Genus of cichlid fishes

Cryptoheros is a genus of small cichlid fishes from Central America and southeast Mexico. They reach up to 13 cm in length.

==Taxonomy and species==
The genus formerly contained nine species that had been included within the genus Archocentrus. The convict cichlid has sometimes been placed within the genus Cryptoheros as well, but is now considered a member of the genus Amatitlania. Several other species such as Amatitlania septemfasciata and Amatitlania sajica had also once been included within Cryptoheros.
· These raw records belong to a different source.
// Checks of rows and nodes, from the last row to the first.
ghost use Rattle.std.specs.Prelude.{◌≡◌, ◌&&◌, List, length, is_some, None, ◌==◌};
ghost use Rattle.std.specs.Bool.{MatchBool};
ghost use Rattle.syntax.specs.Trees.{Expression, Statements};
ghost use Rattle.syntax.specs.Decoder.{Frame, value_at, row_expression, first_node, prepend as taken, statements_of};
ghost use Rattle.syntax.specs.OpenBlocks.{Stacked, Prepended};

use super::expressions::expression_end;
use super::form::{GREATEST, Node, Row};
use arrayvec::ArrayVec;

// An if or a while whose end was met, in its second arm, its first arm or its body, and the rows that the rows before must name.
#[derive(Clone, Copy, PartialEq, Eq)]
pub enum Open {
    Otherwise { end_row: usize },
    Then { else_row: usize },
    Body { while_row: usize, end_row: usize },
}

// What stands in the places of a stack that are not used. By hand: a derived default would want a variant without numbers.
impl Default for Open {
    fn default() -> Open {
        Open::Otherwise { end_row: 0 }
    }
}

// Whether an expression stands from `at` up to `next`.
fn value_stands(nodes: &[Node], at: usize, next: usize, count: usize) -> bool
    ensures { result ≡ is_some (value_at count nodes.now next at) }
{
    expression_end(nodes, at, 20, count) == Some(next)
}

// Whether a row's own numbers are in range, and its expression stands right before `next`.
fn row_stands(row: Row, nodes: &[Node], next: usize, count: usize) -> bool
    ensures { result ≡ is_some (row_expression count nodes.now next row) }
{
    match row {
        Row::Assign { variable, value } | Row::Release { variable, value } => {
            (variable as usize) < count && value_stands(nodes, value, next, count)
        }
        Row::Write { level, value } => {
            level <= GREATEST && value_stands(nodes, value, next, count)
        }
        Row::Stop { number } => number <= GREATEST,
        Row::If { condition, .. } | Row::While { condition, .. } => {
            value_stands(nodes, condition, next, count)
        }
        Row::Skip | Row::Else { .. } | Row::EndIf | Row::EndWhile { .. } => true,
    }
}

// The place of the first node of a row and of those behind it.
fn first_node(row: Row, next: usize) -> usize
    ensures { result ≡ first_node next row }
{
    match row {
        Row::Assign { value, .. } | Row::Release { value, .. } | Row::Write { value, .. } => value,
        Row::If { condition, .. } | Row::While { condition, .. } => condition,
        Row::Skip | Row::Stop { .. } | Row::Else { .. } | Row::EndIf | Row::EndWhile { .. } => next,
    }
}

// Takes row `at` in front of the rows behind it, if it fits there. `opens` is what is open, the innermost last.
#[tactic(auto, using(crate::proofs::Opens::count, crate::proofs::Opens::last_is))]
fn prepend(opens: &mut ArrayVec<Open, 20>, row: Row, at: usize) -> bool
    ensures { (e : Expression) (l : Statements) (gs : List Frame) → Stacked opens.old.items gs → MatchBool result (Prepended at row e l gs opens.new.items) (taken at row e l gs ≡ None) }
{
    match row {
        Row::If { else_row, .. } => opens.pop() == Some(Open::Then { else_row }),
        Row::While { end_row, .. } => {
            let body = Open::Body {
                while_row: at,
                end_row,
            };
            opens.pop() == Some(body)
        }
        Row::Else { end_row } => {
            opens.pop() == Some(Open::Otherwise { end_row })
                && opens.try_push(Open::Then { else_row: at }).is_ok()
        }
        Row::EndIf => opens.try_push(Open::Otherwise { end_row: at }).is_ok(),
        Row::EndWhile { while_row } => {
            let body = Open::Body {
                while_row,
                end_row: at,
            };
            opens.try_push(body).is_ok()
        }
        Row::Skip
        | Row::Assign { .. }
        | Row::Release { .. }
        | Row::Write { .. }
        | Row::Stop { .. } => true,
    }
}

// Whether, before the first row, nothing is open and every node is used.
fn is_finished(opens: &ArrayVec<Open, 20>, next: usize) -> bool
    ensures { result ≡ (length opens.now.items == 0 && next == 0) }
{
    opens.is_empty() && next == 0
}

// Whether rows and nodes are the form of statements over `count` variables. Each node is looked at once.
pub fn statements_stand(rows: &[Row], nodes: &[Node], count: usize) -> bool
    ensures { result ≡ is_some (statements_of count rows.now nodes.now) }
{
    let mut opens: ArrayVec<Open, 20> = ArrayVec::new();
    let mut next = nodes.len();
    'each: for (i, &row) in rows.iter().enumerate().rev() {
        if !row_stands(row, nodes, next, count) || !prepend(&mut opens, row, i) {
            return false;
        }
        next = first_node(row, next);
    }
    is_finished(&opens, next)
}
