// What the three lists of a script hold: declarations, rows and nodes. They name each other by their places in the caller's lists:
// a table has no heap to box a tree in, and a C interface will lend these lists.
ghost use Rattle.std.specs.Prelude.{◌≡◌};
ghost use Rattle.syntax.specs.Names.{spelled};

use values::Operator;

// The greatest numeral, level and stop number.
pub const GREATEST: u32 = 2147483647;

// The most variables of a script.
pub const VARIABLES: usize = 256;

// A part of an expression. The operator stands before its two parts. The first variant, with 0, is the blank.
#[derive(Clone, Copy, PartialEq, Eq, Debug)]
pub enum Node {
    Numeral(u32),
    Variable(u8),
    Apply(Operator),
}

// A row of a program. `value` and `condition` are the place of an expression's first node, and a `.._row` is the number of a row.
// The first variant is the blank.
#[derive(Clone, Copy, PartialEq, Eq, Debug)]
pub enum Row {
    Skip,
    Assign { variable: u8, value: usize },
    Release { variable: u8, value: usize },
    Write { level: u32, value: usize },
    Stop { number: u32 },
    If { condition: usize, else_row: usize },
    Else { end_row: usize },
    EndIf,
    While { condition: usize, end_row: usize },
    EndWhile { while_row: usize },
}

// A name of `length` bytes, and zeros behind it. The length stays beside the bytes: a C interface will read this layout.
#[derive(Clone, Copy, PartialEq, Eq, Debug)]
pub struct Name {
    pub length: u8,
    pub bytes: [u8; 15],
}

// A variable's name and level.
#[derive(Clone, Copy, PartialEq, Eq, Debug)]
pub struct Declaration {
    pub name: Name,
    pub level: u32,
}

// Defaults by hand, so that a clause says which value it is. Derived ones prove as well, but then nothing here says that a blank may be no
// other.
impl Default for Node {
    ghost use Rattle.syntax.specs.declared.form.Node.TheVariants.{Numeral};

    ghost is_default = { λ x. x ≡ Numeral 0 };

    // What stands behind the nodes that are used.
    fn default() -> Node {
        Node::Numeral(0)
    }
}

impl Default for Row {
    ghost use Rattle.syntax.specs.declared.form.Row.TheVariants.{Skip};

    ghost is_default = { λ x. x ≡ Skip };

    // What stands behind the rows that are used.
    fn default() -> Row {
        Row::Skip
    }
}

impl Default for Declaration {
    ghost use Rattle.syntax.specs.Names.{blank_declaration};

    ghost is_default = { λ x. x ≡ blank_declaration };

    // What stands behind the declarations that are used: the empty name, of level 0.
    fn default() -> Declaration {
        Declaration {
            name: Name {
                length: 0,
                bytes: [0; 15],
            },
            level: 0,
        }
    }
}

impl Name {
    // What a name is spelled.
    pub fn spelling(&self) -> &[u8]
        ensures { result.now ≡ spelled self.now }
    {
        &self.bytes[..15.min(self.length as usize)]
    }
}
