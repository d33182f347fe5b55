//! A net that events happen to.
ghost use Rattle.std.specs.Prelude.{◌≡◌, ◌∷◌, ◌++◌, [], List, IfOk, OnOk, true};
ghost use Rattle.abt_net.specs.Topology.{Topology};
ghost use Rattle.abt_model.specs.declared.event.Event.{Event as EventSpec};
ghost use Rattle.abt_model.specs.Outcomes.{outcome_of};
ghost use Rattle.abt_model.specs.Run.{facts_after};
ghost use Rattle.abt_reason.specs.Grounds.{grounds_of};
ghost use Rattle.abt_world.specs.Headline.{HeadlineHolds};
ghost use Rattle.abt_step.specs.NetStates.{state_after};
ghost use Rattle.abt_step.specs.Possible.{asked_by, possible_after};
ghost use Rattle.abt_step.specs.Stepped.{shown_after, wanted_possible, wanted_state};
ghost use Rattle.abt_step.specs.Steps.{WorksAt};

use crate::net_state::{NetState, state_of};
use crate::possible::{Possible, possible_of};
use crate::shown::Shown;
use abt_model::{Event, Outcome};
use abt_net::Net;
use abt_node::Onward;
use abt_plans::AnswerForm;
use abt_reason::{Grounds, Sightings, grounds_of};
use abt_world::World;
use std::alloc::{AllocError, Global};

// A net at work, the requests that were asked, by connection and number, and where their messages lie.
#[derive(Drop)]
pub(crate) struct NetAtWork<'net> {
    net: &'net Net,
    world: World<'net>,
    sightings: Sightings,
    asks: Vec<(u16, u32)>,
}

impl<'net> NetAtWork<'net> {
    // The net behind some events, whose outcomes aren't kept.
    pub(crate) fn opened(
        alloc: Global,
        net: &'net Net,
        events: &[Event],
    ) -> Result<NetAtWork<'net>, AllocError>
        ensures { IfOk result (WorksAt net.now events.now) }
    {
        // Names a type within an outcome, without which the checker can't follow one round the loop.
        let _ = Onward::Pass;
        let mut work = NetAtWork {
            net,
            world: World::new(alloc, net)?,
            sightings: Sightings::new(alloc),
            asks: Vec::new(alloc),
        };
        for event in events {
            let _ = work.step(event)?;
        }
        Ok(work)
    }

    // Lets an event happen, and gives its outcome.
    pub(crate) fn step(&mut self, event: &Event) -> Result<Outcome, AllocError>
        ensures { (net : Topology) (events : List EventSpec) → WorksAt net events self.old →
            IfOk result (λ outcome. (outcome ≡ outcome_of net (facts_after net events) event.now)
            × WorksAt net (events ++ event.now ∷ []) self.new) }
    {
        // Names a type within an outcome, without which the checker can't follow one.
        let _ = Onward::Pass;
        let outcome = self.world.step(event)?;
        self.sightings.note(self.net, event, &outcome)?;
        push_asked(&mut self.asks, event, &outcome)?;
        Ok(outcome)
    }

    // What the outcome of an event can be told by.
    pub(crate) fn grounds(&self, event: &Event) -> Grounds
        ensures { (net : Topology) (events : List EventSpec) → WorksAt net events self.now →
            result ≡ grounds_of net (facts_after net events) event.now }
    {
        grounds_of(&self.world, &self.sightings, self.net, event)
    }

    // The state of the net.
    pub(crate) fn state(&self, alloc: Global) -> Result<NetState, AllocError>
        ensures { (net : Topology) (events : List EventSpec) → WorksAt net events self.now →
            IfOk result (λ state. state ≡ state_after net (facts_after net events)) }
    {
        state_of(alloc, self.net, &self.world)
    }

    // What can happen next of what was sent.
    pub(crate) fn possible(&self, alloc: Global) -> Result<Possible, AllocError>
        ensures { (net : Topology) (events : List EventSpec) → WorksAt net events self.now →
            IfOk result (λ possible. possible ≡ possible_after net (facts_after net events)) }
    {
        let asks = self.asks.as_slice();
        possible_of(alloc, self.net, &self.world, &self.sightings, asks)
    }

    // What a form shows behind an answer.
    pub(crate) fn shown(&self, alloc: Global, form: AnswerForm) -> Result<Shown, AllocError>
        ensures { (net : Topology) (events : List EventSpec) → WorksAt net events self.now →
            IfOk result (λ shown. shown ≡ shown_after form net events) }
    {
        Ok(Shown {
            state: self.wanted_state(alloc, form.state)?,
            possible: self.wanted_possible(alloc, form.possible)?,
        })
    }

    fn wanted_state(&self, alloc: Global, is_wanted: bool) -> Result<Option<NetState>, AllocError>
        ensures { (net : Topology) (events : List EventSpec) → WorksAt net events self.now →
            IfOk result (λ state. state ≡ wanted_state is_wanted net events) }
    {
        if is_wanted {
            return Ok(Some(self.state(alloc)?));
        }
        Ok(None)
    }

    fn wanted_possible(
        &self,
        alloc: Global,
        is_wanted: bool,
    ) -> Result<Option<Possible>, AllocError>
        ensures { (net : Topology) (events : List EventSpec) → WorksAt net events self.now →
            IfOk result (λ possible. possible ≡ wanted_possible is_wanted net events) }
    {
        if is_wanted {
            return Ok(Some(self.possible(alloc)?));
        }
        Ok(None)
    }

    // Whether all is safe, as it is.
    pub(crate) fn is_safe(&self) -> bool
        ensures value { (net : Topology) (events : List EventSpec) →
            WorksAt net events self.now → result ≡ true }
        ensures headline { (net : Topology) (events : List EventSpec) →
            WorksAt net events self.now → HeadlineHolds net (facts_after net events) }
    {
        self.world.safe()
    }
}

// Adds the request that an event asks, by its outcome.
fn push_asked(
    asks: &mut Vec<(u16, u32)>,
    event: &Event,
    outcome: &Outcome,
) -> Result<(), AllocError>
    ensures { OnOk result
        (asks.new.items ≡ asks.old.items ++ asked_by event.now outcome.now) }
{
    match *event {
        Event::Ask { conn, .. } => match outcome {
            Outcome::Asked(request) => {
                asks.push((conn, request.seq()))?;
                Ok(())
            }
            _ => Ok(()),
        },
        _ => Ok(()),
    }
}
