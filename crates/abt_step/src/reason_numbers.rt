//! The numbers of reasons, as members of an object.
ghost use Rattle.std.specs.Prelude.{◌≡◌, OnOk};
ghost use Rattle.abt_entry.specs.ObjectMembers.{Adds};
ghost use Rattle.abt_step.specs.Moments as moments;
ghost use Rattle.abt_step.specs.ReasonNumbers as spec;

use abt_entry::push_number;
use abt_json::push_exact;
use abt_model::{Cause, Heard, Outcome};
use abt_node::{Back, CapacityFault, DropCause, Onward};
use abt_reason::Numbers;
use json::Writer;
use std::alloc::AllocError;

// Adds the numbers by which an outcome is as it is, as an object of their own.
pub(crate) fn push_why(
    object: &mut Writer,
    numbers: &Numbers,
    outcome: &Outcome,
) -> Result<(), AllocError>
    ensures { OnOk result (Adds (spec.why_member numbers.now outcome.now) object.old object.new) }
{
    object.key("why")?;
    object.begin_object()?;
    push_numbers(object, numbers, outcome)?;
    object.end_object()
}

fn push_numbers(object: &mut Writer, numbers: &Numbers, outcome: &Outcome) -> Result<(), AllocError>
    ensures { OnOk result (Adds (spec.reason_numbers numbers.now outcome.now) object.old object.new) }
{
    match *outcome {
        Outcome::Requested(reply) => push_onward(object, numbers, reply),
        Outcome::Answered(reply) => push_back(object, numbers, reply),
        Outcome::Told(heard) => push_heard(object, numbers, heard),
        Outcome::CapacityRefused(fault) => push_capacity(object, numbers, fault),
        Outcome::NotEnabled(cause) => push_cause(object, numbers, cause),
        Outcome::Started
        | Outcome::StartRefused(_)
        | Outcome::Asked(_)
        | Outcome::AskRefused(_)
        | Outcome::Repeated(_)
        | Outcome::Crashed
        | Outcome::Emitted { .. }
        | Outcome::EmitRefused(_)
        | Outcome::Arrived(_)
        | Outcome::Turned
        | Outcome::CapacitySet => Ok(()),
    }
}

fn push_onward(object: &mut Writer, numbers: &Numbers, reply: Onward) -> Result<(), AllocError>
    ensures { OnOk result (Adds (spec.onward_numbers numbers.now reply) object.old object.new) }
{
    let Numbers::AtHop {
        seq,
        newest,
        asks,
        holds,
        total,
        capacity,
    } = *numbers
    else {
        return Ok(());
    };
    match reply {
        Onward::Refuse(_) if seq == newest => push_newest(object, newest),
        Onward::Refuse(_) => push_fit(object, asks, holds, total, capacity),
        Onward::Drop(DropCause::Stale) => push_newest(object, newest),
        Onward::Pass | Onward::Drop(_) => Ok(()),
    }
}

// Adds what a request asks for, what is held for its connection and for others, and the capacity.
fn push_fit(
    object: &mut Writer,
    asks: u64,
    holds: u64,
    total: u64,
    capacity: u64,
) -> Result<(), AllocError>
    ensures { OnOk result (Adds (spec.fit_numbers asks holds total capacity) object.old object.new) }
{
    push_number(object, "asks", asks)?;
    push_number(object, "holds", holds)?;
    push_exact(object, "others", "others_text", total.saturating_sub(holds))?;
    push_exact(object, "capacity", "capacity_text", capacity)
}

fn push_newest(object: &mut Writer, newest: u32) -> Result<(), AllocError>
    ensures { OnOk result (Adds (spec.newest_member newest) object.old object.new) }
{
    push_number(object, "newest", u64::from(newest))
}

fn push_back(object: &mut Writer, numbers: &Numbers, reply: Back) -> Result<(), AllocError>
    ensures { OnOk result (Adds (spec.back_numbers numbers.now reply) object.old object.new) }
{
    match (*numbers, reply) {
        (Numbers::Newest { newest }, Back::Drop(DropCause::Stale)) => push_newest(object, newest),
        _ => Ok(()),
    }
}

fn push_heard(object: &mut Writer, numbers: &Numbers, heard: Heard) -> Result<(), AllocError>
    ensures { OnOk result (Adds (spec.heard_numbers numbers.now heard) object.old object.new) }
{
    match (*numbers, heard) {
        (Numbers::Waits { awaited }, Heard::Ignored) => push_awaited(object, awaited),
        _ => Ok(()),
    }
}

// Adds the number that a source waits for, null for none.
fn push_awaited(object: &mut Writer, awaited: Option<u32>) -> Result<(), AllocError>
    ensures { OnOk result (Adds (spec.awaited_member awaited) object.old object.new) }
{
    match awaited {
        Some(seq) => push_number(object, "awaited", u64::from(seq)),
        None => {
            object.key("awaited")?;
            object.null()
        }
    }
}

fn push_capacity(
    object: &mut Writer,
    numbers: &Numbers,
    fault: CapacityFault,
) -> Result<(), AllocError>
    ensures { OnOk result (Adds (spec.capacity_numbers numbers.now fault) object.old object.new) }
{
    match (*numbers, fault) {
        (Numbers::Reserved { total }, CapacityFault::BelowSum) => {
            push_exact(object, "total", "total_text", total)
        }
        _ => Ok(()),
    }
}

fn push_cause(object: &mut Writer, numbers: &Numbers, cause: Cause) -> Result<(), AllocError>
    ensures { OnOk result (Adds (spec.cause_numbers numbers.now cause) object.old object.new) }
{
    match (*numbers, cause) {
        (Numbers::NoConnection { connections }, _) => {
            push_number(object, "connections", connections)
        }
        (Numbers::NoPort { ports }, _) => push_number(object, "ports", ports),
        (Numbers::NoHop { hops }, _) => push_number(object, "hops", hops),
        (Numbers::Moment { clock, .. }, Cause::ClockBack) => push_exact(
            object,
            "clock",
            "clock_text",
            clock,
        ),
        _ => push_cell(object, numbers, cause),
    }
}

// Adds why a cell can't arrive; nothing for other numbers.
fn push_cell(object: &mut Writer, numbers: &Numbers, cause: Cause) -> Result<(), AllocError>
    ensures { OnOk result (Adds (spec.cell_numbers numbers.now cause) object.old object.new) }
{
    let Numbers::Cell {
        emitted,
        fence,
        moment,
        delay,
        tau,
        last,
        ..
    } = *numbers
    else {
        return Ok(());
    };
    match cause {
        Cause::NotSent => push_number(object, "emitted", emitted),
        Cause::Fenced => push_number(object, "fence", fence),
        Cause::Delay => push_window(object, moment, delay, tau),
        Cause::ClockBack => push_exact(object, "last", "last_text", last),
        _ => Ok(()),
    }
}

// Adds the first and the last moment at which a cell may be at the first hop.
fn push_window(object: &mut Writer, moment: u64, delay: u64, tau: u64) -> Result<(), AllocError>
    ensures { OnOk result (Adds (spec.window_members moment delay tau) object.old object.new) }
{
    let from = window_start(moment, delay);
    push_exact(object, "from", "from_text", from)?;
    push_exact(object, "to", "to_text", from.saturating_add(tau))
}

// The first moment at which a cell may be at the first hop that left at a moment.
fn window_start(moment: u64, delay: u64) -> u64
    ensures { result ≡ moments.window_start moment delay }
{
    moment.saturating_add(delay)
}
FishBase currently recognizes four species in this genus:

- Cryptoheros chetumalensis Schmitter-Soto, 2007 – Belize to the Yucatan Peninsula in Mexico
- Cryptoheros cutteri (Fowler, 1932) – Atlantic side of Honduras to Guatemala
- Cryptoheros panamensis (Meek & Hildebrand, 1913) – Atlantic side of Panama
- Cryptoheros spilurus (Günther, 1862) (Blue-eye cichlid) – Lake Izabal drainage in Guatemala

C. panamenis is placed in the subgenus Panamius within Cryptoheros. However, genetic analysis by Říčan, et al. revealed that C. panamensis is not closely related to the other species that are included in Cryptoheros. They recommended that Panamius should be elevated to a full genus, meaning that C. panamensis becomes Panamius panamensis.